The DressCoat Incident

So the other day I was cleaning out my old computer and I came across this little piece of embarrassing past memories: an essay I wrote back in the day when I was applying for a job with Teach for America. I didn’t get the job (probably because I seriously question the programs effectiveness) but this essay did land me an interview and I wrote about sewing. Go figure. 

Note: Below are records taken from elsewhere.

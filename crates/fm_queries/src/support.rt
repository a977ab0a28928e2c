// The support of a local cohomology module.
ghost use Rattle.std.specs.Prelude.{IfOk, length, ◌+◌, ◌<◌, ◌^◌, ◌≡◌, ◌≤◌};
ghost use Rattle.fm_ext.specs.Exts.{ring_of};
ghost use Rattle.fm_mat.specs.Matrices.{column_meaning};
ghost use Rattle.fm_plan.specs.Following.{FollowsPlan};
ghost use Rattle.fm_plan.specs.Queries.{ask_support, plan};
ghost use Rattle.fm_queries.specs.Founds.{support_value};
ghost use Rattle.fm_vec.specs.Components.{AreOver};

use crate::base::{Base, compute_base};
use fm_poly::{Poly, Ring};
use fm_run::{Side, Stopped, Work};
use fm_support::annihilator;
use fm_syz::Preimage;
use std::alloc::Global;

/// A row of generators of the annihilator of the cokernel of the stable kernel.
#[derive(Drop)]
pub struct Support {
    pub base: Base,
    pub annihilator: Preimage,
}

/// The plan of the query `support`, in this degree of the ideal of the generators.
pub fn compute_support(
    alloc: Global,
    ring: Ring,
    generators: &[Poly],
    degree: u8,
    work: &mut Work,
) -> Result<Support, Stopped>
    requires some { 1 ≤ ring.vars }
    requires few { ring.vars ≤ 8 }
    requires generators { AreOver ring generators.now }
    requires room { length generators.now + 1 < 2 ^ 32 }
    requires degree { degree < 255 }
    ensures follows { let fs = column_meaning ring generators.now in FollowsPlan (support_value ring degree fs) result work.old work.new
        (plan ring (ask_support degree fs) work.old) }
    ensures ring { IfOk result (λ x. ring_of x.base.ext ≡ ring) }
    ensures row { IfOk result (λ x. x.annihilator.generators.graph.matrix.ring ≡ ring) }
{
    let base = compute_base(alloc, Side::Alone, ring, generators, degree, work)?;
    let annihilator = annihilator(alloc, base.stable_kernel(), work)?;
    Ok(Support { base, annihilator })
}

What you are about to read is mostly true and only slightly dramatized for entertainment purposes.

 
      “Nnnnooooooo!” my high pitched shriek echoed through the apartment. I was two days away from the due date of a coat project I had spent several weeks working on for one of my design classes, and I had just inadvertently sabotaged the front section of my coat. The assignment had been an easy one: I was to create a coat to demonstrate mastery of basic and intermediate sewing skills. The project had been going well until I lost control of my scissors hand and accidentally slashed through my fabric leaving a three-inch gash in the center front of the coat. I was doomed. I was unlikely to hide a hole the size of the Grand Canyon from my professor and submitting the coat in the current condition was inexcusable. To make matters worse, my solutions seemed limited and impossible. With enough fabric I could have cut out a new front section and completed the project. But I did not have enough fabric, and I had purchased the fabric at a store two hours away; there was no time for a mini road trip. Alternatively, I could buy new fabric and start the coat over, but two days was not enough to create an entire coat. I seemed to be stuck.

 
       I am not the type to give up, however, and I was determined to find a solution. I took a few yoga breaths to remain calm and it hit me; I would make the hole look as if I had put it there intentionally. I grabbed my favorite sewing book and started flipping through it. I opened to a section on pockets and the headline for welt pockets caught my eye. The welt pocket is a technique commonly found in high quality garments. It is an advanced method; one I had read about but had never attempted because one step involves slashing the fabric. I wondered if I could build the pocket around the preexisting slash. I believed I could, and I was up for the challenge. My hands were trembling as I took my fist stitches and my body forgot to breath. This had to work.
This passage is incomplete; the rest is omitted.